--- EXERCISE BRIEF ---
Report every line of the material that contains the string "AllocError".
LISTED ENTRIES START
// `plan`, frame by frame.
ghost use Rattle.std.specs.Prelude.{◌≡◌, ◌<◌, ◌^◌, [], length};
ghost use Rattle.joining.specs.Planning.{lead_behind, first_at, PlanStands};

use crate::renditions::Renditions;
use au_stream::EventView;
use commands::{FrameEnd, Task, give_all};
use core_iface::Core;
use latm::MuxConfig;
use outside::Sink;
use splicer::Turn;
use std::alloc::Global;
use tool_text::{Within, piece_line};

/// How a piece begins: how many units its first frame carries, and whether that frame asks for a fade (AudioPreRoll, applyCrossfade).
#[derive(Clone, Copy)]
pub struct Lead {
    units: u32,
    fade: bool,
}

/// What is known of how a piece begins, behind a frame with that turn.
fn lead_behind(lead: Lead, turn: Turn) -> Lead
    ensures { result ≡ lead_behind lead turn }
{
    match turn {
        Turn::Start { units, fade } | Turn::Join { units, fade } => Lead { units, fade },
        Turn::Skip | Turn::Play | Turn::After => lead,
    }
}

/// The check of the pieces of renditions, each of which is told on a line at its end.
#[derive(Drop)]
pub struct Plan {
    renditions: Renditions,
    lead: Lead,
}

impl Plan {
    /// Before the first rendition. A piece is wanted at each of the positions, which are output samples of one channel.
    pub fn new(alloc: Global, positions: Vec<u64>) -> Plan
        requires some { 0 < length positions.items }
        requires few { length positions.items < 2 ^ 32 }
        ensures { PlanStands (first_at positions.items) [] result }
    {
        Plan {
            renditions: Renditions::new(alloc, positions),
            lead: Lead {
                units: 0,
                fade: false,
            },
        }
    }
}

impl Task for Plan {
    ghost use Rattle.std.specs.Prelude.{false};
    ghost use Rattle.joining.specs.Renditions.{PieceAt, next_at};
    ghost use Rattle.joining.specs.Planning.{planning, first_at, PlanStands};

    ghost At = { PieceAt };

    ghost first = { λ task. first_at task.renditions.positions.items };

    ghost command = { λ at d. planning d at };

    ghost then = { λ at frames. next_at at frames };

    ghost plays = { false };

    ghost Stands = { λ d at frames task ready. PlanStands at frames task };

    /// Checks a frame. Nothing is written.
    fn handle<K: Sink, C: Core>(
        &mut self,
        alloc: Global,
        event: &EventView,
        mux: &MuxConfig,
        out: &mut K,
        core: &mut C,
    ) -> Result<(), FrameEnd> {
        let _ = out;
        let au = event.au(alloc)?;
        let au = au.as_slice();
        let config = &mux.asc.usac;
        let turn = self.renditions.feed(alloc, config, au, core)?;
        self.lead = lead_behind(self.lead, turn);
        Ok(())
    }

    /// Refuses a rendition that lacks its piece, or writes the piece's line.
    fn close<K: Sink, C: Core>(&self, alloc: Global, out: &mut K) -> Result<(), FrameEnd> {
        let piece = self.renditions.end()?;
        let Lead { units, fade } = self.lead;
        let number = self.renditions.number();
        let line = piece_line(alloc, number, piece.from, piece.to, u64::from(units), fade)?;
        give_all(out, line.as_slice())?;
        Ok(())
    }

    /// Goes on to the next rendition.
    fn turn<C: Core>(&mut self) {
        self.renditions.go_on();
        self.lead = Lead {
            units: 0,
            fade: false,
        };
    }

    fn within<C: Core>(&self) -> Option<Within> {
        Some(Within::Piece(self.renditions.number()))
    }

    fn is_command<C: Core>() {}
}
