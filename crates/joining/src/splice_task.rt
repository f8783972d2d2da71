// `splice`, frame by frame.
ghost use Rattle.std.specs.Prelude.{◌≡◌, ◌<◌, ◌^◌, [], length};
ghost use Rattle.joining.specs.Planning.{first_at};
ghost use Rattle.joining.specs.Splicing.{SpliceStands};

use crate::handing_on::hand_over;
use crate::renditions::Renditions;
use au_stream::EventView;
use commands::{FrameEnd, Task};
use core_iface::Core;
use latm::MuxConfig;
use outside::Sink;
use std::alloc::Global;
use tool_text::Within;

/// The check of the pieces of renditions, whose frames are written one behind another.
#[derive(Drop)]
pub struct Splice {
    renditions: Renditions,
}

impl Splice {
    /// Before the first rendition. A piece is wanted at each of the positions, which are output samples of one channel.
    pub fn new(alloc: Global, positions: Vec<u64>) -> Splice
        requires some { 0 < length positions.items }
        requires few { length positions.items < 2 ^ 32 }
        ensures { SpliceStands (first_at positions.items) [] result }
    {
        Splice {
            renditions: Renditions::new(alloc, positions),
        }
    }
}

impl Task for Splice {
    ghost use Rattle.std.specs.Prelude.{false};
    ghost use Rattle.joining.specs.Renditions.{PieceAt, next_at};
    ghost use Rattle.joining.specs.Planning.{first_at};
    ghost use Rattle.joining.specs.Splicing.{splicing, SpliceStands};

    ghost At = { PieceAt };

    ghost first = { λ task. first_at task.renditions.positions.items };

    ghost command = { λ at d. splicing d at };

    ghost then = { λ at frames. next_at at frames };

    ghost plays = { false };

    ghost Stands = { λ d at frames task ready. SpliceStands at frames task };

    /// Checks a frame, and writes it where it is one of the piece.
    fn handle<K: Sink, C: Core>(
        &mut self,
        alloc: Global,
        event: &EventView,
        mux: &MuxConfig,
        out: &mut K,
        core: &mut C,
    ) -> Result<(), FrameEnd> {
        let au = event.au(alloc)?;
        let au = au.as_slice();
        let turn = self.renditions.feed(alloc, &mux.asc.usac, au, core)?;
        hand_over(alloc, turn, event.frame(), &mux.asc, au, out)
    }

    /// Refuses a rendition that lacks its piece.
    fn close<K: Sink, C: Core>(&self, alloc: Global, out: &mut K) -> Result<(), FrameEnd> {
        let _ = alloc;
        let _ = out;
        let _piece = self.renditions.end()?;
        Ok(())
    }

    /// Goes on to the next rendition.
    fn turn<C: Core>(&mut self) {
        self.renditions.go_on();
    }

    fn within<C: Core>(&self) -> Option<Within> {
        Some(Within::Piece(self.renditions.number()))
    }

    fn is_command<C: Core>() {}
}
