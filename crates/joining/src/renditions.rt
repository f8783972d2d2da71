// Renditions one after another, each with the piece that is wanted of it.
ghost use Rattle.std.specs.Prelude.{◌≡◌, ◌<◌, ◌≤◌, ◌^◌, None, false, length};
ghost use Rattle.usac_cfg.specs.UsacConfig.{IsWellFormed};
ghost use Rattle.splicer.specs.Runs.{new_run};
ghost use Rattle.joining.specs.Renditions.{position_at, asked_at, ChecksFrame, GivesEnd, next_place};
ghost use Rattle.timeline.specs.Plan.{next_position};

use crate::fault_end::end_of;
use commands::FrameEnd;
use core_iface::Core;
use splicer::{PieceRun, Turn};
use std::alloc::Global;
use timeline::Piece;
use usac_cfg::UsacConfig;

/// The check of renditions one after another, each with the piece that is wanted of it: it begins at its position, and ends at the
/// next one, or with its rendition.
#[derive(Drop)]
pub struct Renditions {
    run: PieceRun,
    positions: Vec<u64>,
    /// The number of the piece.
    place: usize,
}

/// The position behind that of a piece, if there is another.
fn position_behind(positions: &[u64], place: usize) -> Option<u64>
    requires within { place < length positions.now }
    ensures { result ≡ next_position place positions.now }
{
    if place + 1 < positions.len() {
        Some(positions[place + 1])
    } else {
        None
    }
}

impl Renditions {
    /// Before the first rendition. The positions are output samples of one channel.
    pub fn new(alloc: Global, positions: Vec<u64>) -> Renditions
        requires some { 0 < length positions.items }
        requires few { length positions.items < 2 ^ 32 }
        ensures run { result.run ≡ new_run (asked_at (record { positions = positions.items; place = 0; before = None })) }
        ensures positions { result.positions.items ≡ positions.items }
        ensures place { result.place ≡ 0 }
    {
        let until = position_behind(&positions, 0);
        Renditions {
            run: PieceRun::new(alloc, 0, positions[0], until, None),
            positions,
            place: 0,
        }
    }

    /// Checks the next frame of the rendition. A join needs as many units as the core's warm-up.
    pub fn feed<C: Core>(
        &mut self,
        alloc: Global,
        config: &UsacConfig,
        au: &[u8],
        core: &C,
    ) -> Result<Turn, FrameEnd>
        requires size { length au.now ≤ 8191 }
        requires well_formed { IsWellFormed config.now }
        requires count { self.old.run.frames < 2 ^ 32 }
        requires going { self.old.run.ended ≡ false }
        ensures checks { ChecksFrame result (C.does.warm config.now) (record { config = config.now; au = au.now }) self.old.run self.new.run }
        ensures positions { self.new.positions ≡ self.old.positions }
        ensures place { self.new.place ≡ self.old.place }
    {
        let need = core.warm_up(config);
        match self.run.feed(alloc, config, au, need) {
            Ok(turn) => Ok(turn),
            Err(fault) => Err(end_of(&fault)),
        }
    }

    /// The piece of the rendition, once all its frames were fed.
    pub fn end(&self) -> Result<Piece, FrameEnd>
        ensures { GivesEnd result self.now.run }
    {
        match self.run.end() {
            Ok(piece) => Ok(piece),
            Err(fault) => Err(end_of(&fault)),
        }
    }

    /// Goes on to the rendition of the next piece.
    pub fn go_on(&mut self)
        requires within { self.old.place < length self.old.positions.items }
        requires few { length self.old.positions.items < 2 ^ 32 }
        ensures run { self.new.run ≡ new_run (asked_at (record { positions = self.old.positions.items; place = next_place self.old.place self.old.positions.items; before = self.old.run.first })) }
        ensures positions { self.new.positions ≡ self.old.positions }
        ensures place { self.new.place ≡ next_place self.old.place self.old.positions.items }
    {
        if self.place + 1 < self.positions.len() {
            self.place += 1;
        }
        let until = position_behind(&self.positions, self.place);
        self.run
            .follow(self.place as u32, self.positions[self.place], until);
    }

    /// The number of the piece, counted from 0.
    pub fn number(&self) -> u64
        ensures { result ≡ self.now.place }
    {
        self.place as u64
    }
}
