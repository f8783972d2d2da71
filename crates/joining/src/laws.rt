//! What holds of renditions and their first event.
//!
//! The functions run no code; their contracts are the theorems.
ghost use Rattle.joining.specs.Answers.{NoEventIsAPlan};
ghost use Rattle.joining.specs.SpliceAnswers.{NoStopIsAPlan, NoStopIsASplice};

/// The files of pieces have no event exactly where each ends behind its last frame, and the renditions are the streams of a sound plan
/// that is timed by the positions.
pub fn no_event_is_a_sound_plan()
    ensures { NoEventIsAPlan }
{
    timeline::laws::orders_are_judged();
    splicer::laws::sound_plans_are_given();
}

/// `splice` stops at no frame and no file of the pieces exactly where each file ends behind its last frame, the renditions are the
/// streams of a sound plan that is timed by the positions, and each frame of the pieces has an element of at most 8191 bytes in the
/// canonical mux.
pub fn no_stop_is_a_sound_plan()
    ensures { NoStopIsAPlan }
{
    no_event_is_a_sound_plan();
    splicer::laws::sound_plans_are_given();
    splicer::laws::sound_pieces_are_given();
}

/// Where `splice` refuses no frame and no file of the pieces, the renditions are the streams of a sound plan, and the bytes that it
/// writes are a file that carries the splice of this plan, if a file may have so many: its frames are those of the pieces, in order,
/// and it ends behind them. So what is said of `play` of a file that carries the splice of a sound plan is said of it.
pub fn spliced_files_carry_the_splice()
    ensures { NoStopIsASplice }
{
    timeline::laws::orders_are_judged();
    splicer::laws::sound_plans_are_given();
    splicer::laws::sound_pieces_are_given();
    splicer::laws::given_frames_are_the_piece();
    au_stream::laws::canonical_frames_are_read_back();
}
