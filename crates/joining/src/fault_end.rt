// How a command ends at a rule of pieces.
ghost use Rattle.std.specs.Prelude.{◌≡◌};
ghost use Rattle.joining.specs.Refusals.{refusal_of_plan, refusal_of_splice, IsEndOf};

use commands::FrameEnd;
use splicer::SpliceFault;
use std::alloc::AllocError;
use timeline::PlanFault;
use tool_text::{Place, Reason, Refusal, at_frame, carry_refusal};

/// The refusal of a piece as a whole, for that reason.
fn whole(reason: Reason) -> Option<Refusal>
    ensures { result ≡ Some (record { place = Place.Whole; reason = reason }) }
{
    Some(Refusal {
        place: Place::Whole,
        reason,
    })
}

/// The refusal of a piece whose positions or whose stream have this fault; `None` exactly where the fault is out of memory.
pub fn plan_refusal(fault: &PlanFault) -> Option<Refusal>
    ensures { result ≡ refusal_of_plan fault.now }
{
    match fault {
        PlanFault::BadOrder { .. } => whole(Reason::PositionsFall),
        PlanFault::NoFrameAt { position, .. } => whole(Reason::NoFrameAt {
            position: *position,
        }),
        PlanFault::RateDiffers { .. } => whole(Reason::RateDiffers),
        PlanFault::ChannelsDiffer { .. } => whole(Reason::ChannelsDiffer),
        PlanFault::PastEnd { .. } => whole(Reason::PastEnd),
        PlanFault::Memory(_) => None,
    }
}

/// The refusal of a piece whose rendition has this fault; `None` exactly where the fault is no rule.
fn splice_refusal(fault: &SpliceFault) -> Option<Refusal>
    ensures { result ≡ refusal_of_splice fault.now }
{
    match fault {
        SpliceFault::Plan(fault) => plan_refusal(fault),
        SpliceFault::ConfigChanges { frame } => Some(at_frame(*frame, Reason::ConfigChanges)),
        SpliceFault::Frame { frame, at } => Some(Refusal {
            place: Place::FrameBit {
                frame: *frame,
                bit: *at,
            },
            reason: Reason::FrameTooShort,
        }),
        SpliceFault::NotIndependent { frame } => { Some(at_frame(*frame, Reason::NotIndependent)) }
        SpliceFault::Carry { frame, fault } => carry_refusal(*frame, fault),
        SpliceFault::SameConfig { frame } => Some(at_frame(*frame, Reason::SameConfig)),
        SpliceFault::TooFew { frame, have, need } => Some(at_frame(
            *frame,
            Reason::TooFew {
                have: *have,
                need: *need,
            },
        )),
        SpliceFault::PrerollForeign { frame, k } => {
            Some(at_frame(*frame, Reason::PrerollForeign { unit: *k }))
        }
        SpliceFault::Ended => None,
        SpliceFault::Memory(_) => None,
    }
}

/// How the command ends where the check of a rendition answers that fault.
pub fn end_of(fault: &SpliceFault) -> FrameEnd
    ensures { IsEndOf (refusal_of_splice fault.now) result }
{
    match splice_refusal(fault) {
        Some(refusal) => FrameEnd::Refused(refusal),
        None => FrameEnd::Memory(AllocError),
    }
}
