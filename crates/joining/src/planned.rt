// The command `plan`, on names of files and positions.
ghost use Rattle.std.specs.Prelude.{◌≡◌, ◌<◌, ◌≤◌, ◌^◌, length, map, Some};
ghost use Rattle.joining.specs.Planning.{plans_files, piece_in};
ghost use Rattle.joining.specs.Refusals.{refusal_of_plan};
ghost use Rattle.commands.specs.Calling.{Called};
ghost use Rattle.commands.specs.Doing.{IsRefusedBy};
ghost use Rattle.commands.specs.Worlds.{world};

use crate::fault_end::plan_refusal;
use crate::plan_task::Plan;
use commands::{Outcome, PieceFrames, refused, run_files};
use core_iface::Core;
use outside::{Shelf, Sink};
use std::alloc::Global;
use timeline::{PlanFault, check_positions};
use tool_text::Within;

/// The number of the piece that a fault is about.
fn piece_of(fault: &PlanFault) -> u64
    ensures { result ≡ piece_in fault.now }
{
    match fault {
        PlanFault::BadOrder { piece } => u64::from(*piece),
        PlanFault::NoFrameAt { piece, .. } => u64::from(*piece),
        PlanFault::RateDiffers { piece } => u64::from(*piece),
        PlanFault::ChannelsDiffer { piece } => u64::from(*piece),
        PlanFault::PastEnd { piece } => u64::from(*piece),
        PlanFault::Memory(_) => 0,
    }
}

/// How the command ends at positions that have this fault.
pub fn refused_positions(alloc: Global, fault: &PlanFault) -> Outcome
    ensures { IsRefusedBy (Some (Within.Piece (piece_in fault.now))) (refusal_of_plan fault.now) result }
{
    let within = Some(Within::Piece(piece_of(fault)));
    refused(alloc, within, plan_refusal(fault))
}

/// Checks the pieces of renditions that begin at these positions: the files of these names, one after another. Each is begun when
/// its turn comes, and read in pieces; its piece is told on a line once all its frames were checked.
pub fn plan_files<H: Shelf, K: Sink, C: Core>(
    alloc: Global,
    names: &[&str],
    positions: Vec<u64>,
    shelf: &mut H,
    out: &mut K,
    core: &mut C,
) -> Outcome
    requires each { length positions.items ≡ length names.now }
    requires some { 0 < length names.now }
    requires few { length names.now ≤ 64 }
    requires begun { H.begun shelf.old ≤ 2 ^ 31 }
    requires fed { (C.meaning core.old).fed ≤ 2 ^ 63 }
    ensures { Called (plans_files C.does positions.items) (map (λ name. name.now) names.now)
        (world H.Shelf K.Sink C.Core shelf.old out.old core.old) (world H.Shelf K.Sink C.Core shelf.new out.new core.new) result }
{
    if let Err(fault) = check_positions(&positions) {
        return refused_positions(alloc, &fault);
    }
    let mut task = PieceFrames(Plan::new(alloc, positions));
    run_files(alloc, &mut task, names, shelf, out, core)
}
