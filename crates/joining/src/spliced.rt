// The command `splice`, on names of files and positions.
ghost use Rattle.std.specs.Prelude.{◌≡◌, ◌<◌, ◌≤◌, ◌^◌, length, map};
ghost use Rattle.joining.specs.Splicing.{splices_files};
ghost use Rattle.commands.specs.Calling.{Called};
ghost use Rattle.commands.specs.Worlds.{world};

use crate::planned::refused_positions;
use crate::splice_task::Splice;
use commands::{Outcome, PieceFrames, run_files};
use core_iface::Core;
use outside::{Shelf, Sink};
use std::alloc::Global;
use timeline::check_positions;

/// Joins pieces of renditions that begin at these positions: the files of these names, one after another. Each is begun when its
/// turn comes, and read in pieces; each frame of its piece is written, in the canonical mux, before the next one is read.
pub fn splice_files<H: Shelf, K: Sink, C: Core>(
    alloc: Global,
    names: &[&str],
    positions: Vec<u64>,
    shelf: &mut H,
    out: &mut K,
    core: &mut C,
) -> Outcome
    requires each { length positions.items ≡ length names.now }
    requires some { 0 < length names.now }
    requires few { length names.now ≤ 64 }
    requires begun { H.begun shelf.old ≤ 2 ^ 31 }
    requires fed { (C.meaning core.old).fed ≤ 2 ^ 63 }
    ensures { Called (splices_files C.does positions.items) (map (λ name. name.now) names.now)
        (world H.Shelf K.Sink C.Core shelf.old out.old core.old) (world H.Shelf K.Sink C.Core shelf.new out.new core.new) result }
{
    if let Err(fault) = check_positions(&positions) {
        return refused_positions(alloc, &fault);
    }
    let mut task = PieceFrames(Splice::new(alloc, positions));
    run_files(alloc, &mut task, names, shelf, out, core)
}
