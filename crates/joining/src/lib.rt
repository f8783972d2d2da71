//! Renditions joined at positions on a timeline: the commands on pieces of several files.
//!
//! [`plan_files`] checks the pieces of renditions, one file after another, and tells each on a line of its own. [`splice_files`] checks
//! them so, and writes their frames as one stream. What becomes of the
//! files is said by their first event, in the order of the files and of their frames: the first rule that is broken, or the first
//! file that does not end behind its last frame. [`laws::no_event_is_a_sound_plan`] says that there is none exactly where the files
//! are whole streams whose pieces make a sound plan, which is timed by the positions. [`laws::no_stop_is_a_sound_plan`] says that
//! nothing stops [`splice_files`] exactly where they are so and each frame of the pieces fits an element of the canonical mux.
#![tactic(auto)]

mod fault_end;
mod handing_on;
pub mod laws;
mod plan_task;
mod planned;
mod renditions;
mod splice_task;
mod spliced;

pub use planned::{plan_files, refused_positions};
pub use renditions::Renditions;
pub use spliced::splice_files;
LISTED ENTRIES END
--- THE ANSWER ---
use std::alloc::AllocError;
        None => FrameEnd::Memory(AllocError),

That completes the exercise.